What is effect size and why is it important?

Effect size measures the magnitude or practical significance of a relationship or difference, independent of sample size. While p-values tell whether an effect exists (statistical significance), effect sizes tell how large the effect is (practical significance). With large samples, even trivial differences can be statistically significant (p < .05). Effect sizes help interpret whether findings matter in real-world contexts. They enable meta-analysis by standardizing results across studies with different metrics. Report effect sizes with all statistical tests to give readers complete information about your findings' magnitude and importance.

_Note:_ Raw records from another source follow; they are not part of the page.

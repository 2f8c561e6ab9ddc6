//! Runs in which a line whose session waits is kept until that goes on.
ghost use Rattle.std.specs.Prelude.{◌≡◌, ◌⊎◌, ◌^◌, ◌-◌, IfErr, IfOk, None, OnOk, map, min};
ghost use Rattle.lock_script.specs.Kept.{kept_count};
ghost use Rattle.scenario.specs.Heard.{IsUnheard, Kept, Left};
ghost use Rattle.scenario.specs.InTurn.{DoesLine, FailsIn, FailsKept, FailsPlain, IsBad, IsKeptFor, RunsKept, TakesIn};
ghost use Rattle.scenario.specs.Spoken.{IsHeardBy};
ghost use Rattle.sql_script.specs.declared.lines.Heard.{Heard as Said};
ghost use Rattle.scenario.specs.Acts.{IsKeptHeard};
ghost use Rattle.scenario.specs.Staged.{play_of, stage_of};

use crate::desks::ScriptDesk;
use crate::listener::Listener;
use crate::run::Scene;
use crate::runs::Keeping;
use crate::sql_runs::Spoken;
use lock_manager::OwnSession;
use lock_script::{ByName, Defect, Fault, KeptLine, KeptLines, LineReader, Name};
use lock_table::PartTable;
use shared_rule::Board;
use std::alloc::{AllocError, Global};
use std::io::Read;
use std::sync::Wait;

/// A line of a script.
#[derive(Clone, Copy)]
pub(crate) struct ReadLine<'a> {
    pub number: u32,
    pub text: &'a str,
    /// Whether the next line of the script is at hand, without waiting for input.
    pub more: bool,
}

impl<T: PartTable, B: Board<T>, D: ScriptDesk<OwnSession<T, B>>, L: Listener> Scene<T, B, D, L> {
    /// Runs the lines of `reader`, to the end of the script or to the first fault. Where `keeping` says so, a
    /// line is kept while its session waits or has earlier kept lines. After each line that is run, the kept
    /// lines are run whose sessions don't wait, in their order. The listener hears at the end what is left.
    pub(crate) fn run_keeping<H: Wait, R: Read + Drop>(
        &mut self,
        rt: &H,
        reader: R,
        keeping: Keeping,
    ) -> Result<(), Fault>
        ensures played { IsKeptHeard B.seat B.view B.stack D.again D.database_of D.entries L.hears keeping.speaks keeping.keeps
            (R.remaining reader) (record { sessions = self.old.state.sessions; names = self.old.state.names }) self.old.listener
            result self.new.listener }
    {
        let mut lines = LineReader::new(reader);
        let mut kept = KeptLines::new(keeping.alloc);
        let mut script = Spoken::new(keeping);
        'lines: while let Some(line) = lines.next_line()? {
            let read = ReadLine {
                number: lines.number,
                text: line.as_str(),
                more: lines.has_line(),
            };
            self.hear_line(rt, keeping, &mut kept, &mut script, read)?;
        }
        if let Err(unplayed) = script.finish() {
            return Err(self.refuse(lines.number, unplayed));
        }
        self.tell_end(rt, true)?;
        self.tell_left(keeping.alloc, &kept)
    }

    /// Does what `line` says, as `script` hears it. What `keeping` has kept of the line while its session
    /// waits goes to `kept`. Refused where the line's SQL can't be played.
    fn hear_line<H: Wait>(
        &mut self,
        rt: &H,
        keeping: Keeping,
        kept: &mut KeptLines,
        script: &mut Spoken,
        line: ReadLine<'_>,
    ) -> Result<(), Fault>
        ensures done { OnOk result ((said : Said) × IsHeardBy script.old.script line.entry.text.now said
            × DoesLine (play_of B.seat B.view B.stack D.again D.database_of D.entries L.hears) keeping.keeps
            (stage_of self.old.state.sessions self.old.state.names self.old.listener) kept.old
            (record { number = line.entry.number; text = line.entry.text.now }) said
            (stage_of self.new.state.sessions self.new.state.names self.new.listener) kept.new) }
        ensures bad { script.old.script ≡ None → IfErr result (IsBad (FailsPlain
            (play_of B.seat B.view B.stack D.again D.database_of D.entries L.hears) keeping.keeps
            (stage_of self.old.state.sessions self.old.state.names self.old.listener) kept.old
            (record { number = line.entry.number; text = line.entry.text.now }))
            (stage_of self.new.state.sessions self.new.state.names self.new.listener)) }
        ensures silent { script.old.script ≡ None → script.new.script ≡ None }
    {
        match script.hear(line) {
            Ok(heard) => self.run_heard(rt, keeping, kept, line, &heard),
            Err(unplayed) => Err(self.refuse(line.number, unplayed)),
        }
    }

    /// Keeps `line` after the lines of `kept`, or runs it and then the kept lines that can be run.
    pub(crate) fn take_in<H: Wait>(
        &mut self,
        rt: &H,
        alloc: Global,
        kept: &mut KeptLines,
        line: ReadLine<'_>,
    ) -> Result<(), Fault>
        ensures taken { OnOk result (TakesIn (play_of B.seat B.view B.stack D.again D.database_of D.entries L.hears)
            (stage_of self.old.state.sessions self.old.state.names self.old.listener) kept.old
            (record { number = line.entry.number; text = line.entry.text.now })
            (stage_of self.new.state.sessions self.new.state.names self.new.listener) kept.new) }
        ensures bad { IfErr result (IsBad (FailsIn (play_of B.seat B.view B.stack D.again D.database_of D.entries L.hears)
            (stage_of self.old.state.sessions self.old.state.names self.old.listener) kept.old
            (record { number = line.entry.number; text = line.entry.text.now }))
            (stage_of self.new.state.sessions self.new.state.names self.new.listener)) }
    {
        match kept.session_before(line.text, &self.state.sessions) {
            Some(session) => self.keep(alloc, kept, session, line),
            None => {
                self.run_line(rt, line.number, line.text, line.more)?;
                self.run_ready(rt, kept, line.more)
            }
        }
    }

    /// Keeps `line` after the lines of `kept` until `session` goes on. A bad line is a fault at once.
    fn keep(
        &mut self,
        alloc: Global,
        kept: &mut KeptLines,
        session: Name,
        line: ReadLine<'_>,
    ) -> Result<(), Fault>
        ensures heard { OnOk result (L.hears self.old.listener (Kept line.entry.number line.entry.text.now) self.new.listener) }
        ensures kept { OnOk result (IsKeptFor session.bytes kept.old
            (record { number = line.entry.number; text = line.entry.text.now }) kept.new) }
        ensures bad { IfErr result (IsBad (λ bad _ now. (bad ≡ record { number = line.entry.number; text = line.entry.text.now })
            × L.hears self.old.listener (Kept line.entry.number line.entry.text.now) now) self.new.listener) }
        ensures state { self.new.state ≡ self.old.state }
    {
        let state = &self.state;
        let defect = kept.defect(alloc, line.text, &state.sessions, &state.names.objects);
        let more = line.more && matches!(&defect, Ok(None));
        self.listener.keep_line(line.number, line.text, more)?;
        kept_or_fault(alloc, kept, session, line, defect)
    }

    /// Runs the lines of `kept` whose sessions don't wait, in their order, until the session of each line
    /// that is left waits. Where `more`, the line after the one that was read last is at hand.
    pub(crate) fn run_ready<H: Wait>(
        &mut self,
        rt: &H,
        kept: &mut KeptLines,
        more: bool,
    ) -> Result<(), Fault>
        ensures ran { OnOk result (RunsKept (play_of B.seat B.view B.stack D.again D.database_of D.entries L.hears)
            (stage_of self.old.state.sessions self.old.state.names self.old.listener) kept.old
            (stage_of self.new.state.sessions self.new.state.names self.new.listener) kept.new) }
        ensures bad { IfErr result (IsBad (FailsKept (play_of B.seat B.view B.stack D.again D.database_of D.entries L.hears)
            (stage_of self.old.state.sessions self.old.state.names self.old.listener) kept.old)
            (stage_of self.new.state.sessions self.new.state.names self.new.listener)) }
    {
        'ready: while let Some((_, line)) = kept.take_ready(&self.state.sessions) {
            self.run_line(rt, line.number, line.text.as_str(), more)?;
        }
        Ok(())
    }

    /// Tells the listener who waits at the end of the script, and how many lines of `kept` were not reached.
    pub(crate) fn tell_left(&mut self, alloc: Global, kept: &KeptLines) -> Result<(), Fault>
        ensures heard { OnOk result (L.hears self.old.listener
            (Left (map (λ one. one.name) self.old.state.sessions.waiting) (min (kept_count kept.now) (2 ^ 64 - 1))) self.new.listener) }
        ensures unheard { IfErr result IsUnheard }
    {
        let state = &self.state;
        match names_in(alloc, &state.sessions.waiting) {
            Ok(waiting) => self.listener.left(waiting.as_slice(), kept.len() as u64),
            Err(_) => Err(Fault::NoMemory),
        }
    }
}

/// Keeps `line` of `session` after the lines of `kept`. Refused where the line has a defect, as `defect`
/// says, or where memory runs out.
fn kept_or_fault(
    alloc: Global,
    kept: &mut KeptLines,
    session: Name,
    line: ReadLine<'_>,
    defect: Result<Option<Defect>, AllocError>,
) -> Result<(), Fault>
    ensures kept { OnOk result (IsKeptFor session.bytes kept.old
        (record { number = line.entry.number; text = line.entry.text.now }) kept.new) }
    ensures bad { IfErr result (λ fault. (fault ≡ Fault.NoMemory)
        ⊎ ((what : Defect) × (fault ≡ Fault.BadLine line.entry.number what))) }
{
    let number = line.number;
    match defect {
        Ok(None) => {}
        Ok(Some(what)) => return Err(Fault::BadLine { line: number, what }),
        Err(_) => return Err(Fault::NoMemory),
    }
    let Ok(text) = String::from_str(alloc, line.text) else {
        return Err(Fault::NoMemory);
    };
    match kept.keep(session, KeptLine { number, text }) {
        Ok(()) => Ok(()),
        Err(_) => Err(Fault::NoMemory),
    }
}

/// The names of all of `sessions`, in their order.
fn names_in<S>(alloc: Global, sessions: &ByName<S>) -> Result<Vec<Name>, AllocError>
    ensures { IfOk result (λ names. names.items ≡ map (λ one. one.name) sessions.now) }
{
    let mut names = Vec::new(alloc);
    'places: for place in 0..sessions.len() {
        names.push(sessions.at(place).name)?;
    }
    Ok(names)
}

How do I interpret Cohen's d effect size values?

Cohen's d conventions (differences between means in standard deviation units): d = 0.20 is small (subtle difference), d = 0.50 is medium (noticeable difference), d = 0.80 is large (substantial difference). However, these are rough guidelines - interpretation depends on context. In educational interventions, d = 0.20 may be meaningful if affecting thousands of students. In clinical psychology, d = 0.80 may be modest for intensive therapy. Consider practical significance in your field, costs of implementation, and comparison to existing interventions when interpreting effect sizes.

Should I report effect sizes even if my results are not statistically significant?

Yes! Effect sizes should be reported for all analyses, significant or not. Non-significant results with moderate effect sizes suggest inadequate statistical power (sample too small) rather than no effect. Non-significant results with small effect sizes indicate truly minimal effects. Reporting effect sizes for non-significant findings helps prevent publication bias and enables meta-analysts to include your data. It provides more complete information than p-values alone. Always report effect sizes with confidence intervals to show precision of estimates.